My training set is composed by N subsets of pairs (source_text, target_text) with the goal of training a sequence-to-sequence model (specifically in the T5 family) to generate the target_text from the input source_text.

The experiments are based on a cross-validation where N-1 subsets are used for training and the remaining one for test.

I do not “see” how to correctly perform the encoding (tokenisation + truncation + padding) for training the model.

I want the model to be trained on input sequences of length N_in_train to output sequence of length N_out_train, i.e., I want to compute two lengths N_in_train and N_out_train rom the data in the training set.

Since the encoding (tokenisation) takes a long time (several minutes), this is what I did:

  • pre-encode the entire dataset
  • save the encoded dataset.

When training the model, for each iteration of the cross-validation I want to compute the length of the input and output sequences:

  • compute the max length of the sources and the max length of the targets.
  • From these two values, I then set N_in_train, N_out_train.
  • Then I want to train and test the model using the two values above. I need to truncate and pad sequences based on N_in_train and N_out_train.

Now, I would like to use a data collator to truncate and pad the batches in both the training and the test set. For example I wrote this (where max_source_length and max_target_length correspond to, respectively, N_in_train and N_out_train):

class MyCollator(DataCollatorForSeq2Seq):
    def __init__(self, tokenizer, max_source_length, max_target_length, model=None, padding=True, ignore_label=-100):
        super().__init__(tokenizer, model, padding, max_length)
        self.max_source_len = max_source_length
        self.max_target_len = max_target_length
        self.ignore_label = ignore_label
    #<

    def __call__(self, features):
        for feature in features:
            feature['input_ids'] = feature['input_ids'][:self.max_source_len]
            feature['attention_mask'] = feature['attention_mask'][:self.max_source_len]
            feature['labels'] = feature['labels'][:self.max_target_len]
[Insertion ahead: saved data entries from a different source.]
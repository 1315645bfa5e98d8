// The largest critical value of a branch's sets: the walk starts from a value that the first of them is likely to be above, and once more from minus infinity
// where none of them is.
ghost use Rattle.std.specs.Prelude.{◌≡◌, true, ◌<◌, ◌≤◌, ◌^◌, T, length, drop};
ghost use Rattle.std.specs.Float.{inf};
ghost use Rattle.order.specs.Order.{low};
ghost use Rattle.order.specs.Lists.{rows_of};
ghost use Rattle.method.specs.Method.{critical_value};
ghost use Rattle.putback.specs.Internal.{At, sets_of, better};

use super::branch::Branch;
use super::walk::{Best, Held};
use super::{branch, walk};
use masks::{Bound, Table};

// The first set of a branch. No index is counted: the branch goes on until nothing is left of it.
fn first_set(columns: usize, k: usize, b: Branch) -> u32
    requires { At columns k b × (columns ≤ 32) }
    ensures { result < 2 ^ columns }
{
    let mut at = b;
    while at.rest != 0 {
        if at.left == 0 {
            return at.set;
        }
        if at.rest % 2 == 1 {
            at = branch::with_next(at);
        } else {
            at = branch::without_next(at);
        }
    }
    at.set
}

// The best of `value` and the critical values of the branch's sets, and the set that gave it first; `b.set` where none is larger.
fn climb(
    table: Table<'_>,
    work: &mut [f64],
    kept: &mut [u16],
    marks: &mut [u32],
    e: usize,
    b: Branch,
    value: f64,
) -> Best
    requires { (table.rows ≤ length work.old) × (e < table.rows) × At table.columns table.k b × (table.rows ≤ length kept.old) × (table.rows ≤ length marks.old) × T (low value) }
    ensures { (result ≡ better (λ K. critical_value table.entry.k e (rows_of table.entry.rows table.entry.columns table.entry.values.now) K) (record { value = value; set = b.set }) (sets_of table.entry.columns b)) × (drop table.entry.rows work.new ≡ drop table.entry.rows work.old) }
{
    let n = masks::mark_all(table, kept, marks, Bound::Above(value));
    let held = Held {
        best: Best { value, set: b.set },
        n,
        risen: false,
    };
    if b.left == 0 {
        let one = walk::leaf(table, work, kept, marks, e, b.set, held);
        return one.best;
    }
    let h = walk::walk(table, work, kept, marks, e, b, held);
    h.best
}

// The largest critical value of the branch's sets, or minus infinity where there is none, and the set that gave it first.
pub(crate) fn largest(
    table: Table<'_>,
    work: &mut [f64],
    kept: &mut [u16],
    marks: &mut [u32],
    e: usize,
    b: Branch,
) -> Best
    requires { (table.rows ≤ length work.old) × (e < table.rows) × At table.columns table.k b × (table.rows ≤ length kept.old) × (table.rows ≤ length marks.old) }
    ensures { (result ≡ better (λ K. critical_value table.entry.k e (rows_of table.entry.rows table.entry.columns table.entry.values.now) K) (record { value = inf true; set = b.set }) (sets_of table.entry.columns b)) × (drop table.entry.rows work.new ≡ drop table.entry.rows work.old) }
{
    let first = first_set(table.columns, table.k, b);
    let v = critical::likely_below(table, work, e, first);
    let r = climb(table, work, kept, marks, e, b, v);
    if v < r.value {
        return r;
    }
    climb(table, work, kept, marks, e, b, f64::NEG_INFINITY)
}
            feature['input_ids'] = torch.tensor(
                feature['input_ids'] + [self.tokenizer.pad_token_id] * (self.max_source_len - len(feature['input_ids'])),
                dtype=torch.long
            )
            feature['attention_mask'] = torch.tensor(
                feature['attention_mask'] + [0] * (self.max_source_len - len(feature['attention_mask'])),
                dtype=torch.long
            )

            feature['labels'] = torch.tensor(
                feature['labels'] + [self.ignore_label] * (self.max_target_len - len(feature['labels'])),
                dtype=torch.long
            )
        
        return super().__call__(features)

However, it seems too clumsy for a very basic pre-processing step. Additionally, looking at the docs here: Data Collator

I see only one parameters max_length and not two for, respectively, the input and the output sequence. Why?

What is the best way to pre-tokenise a dataset (without truncation and padding), then specify only at training time the length of the various sequences?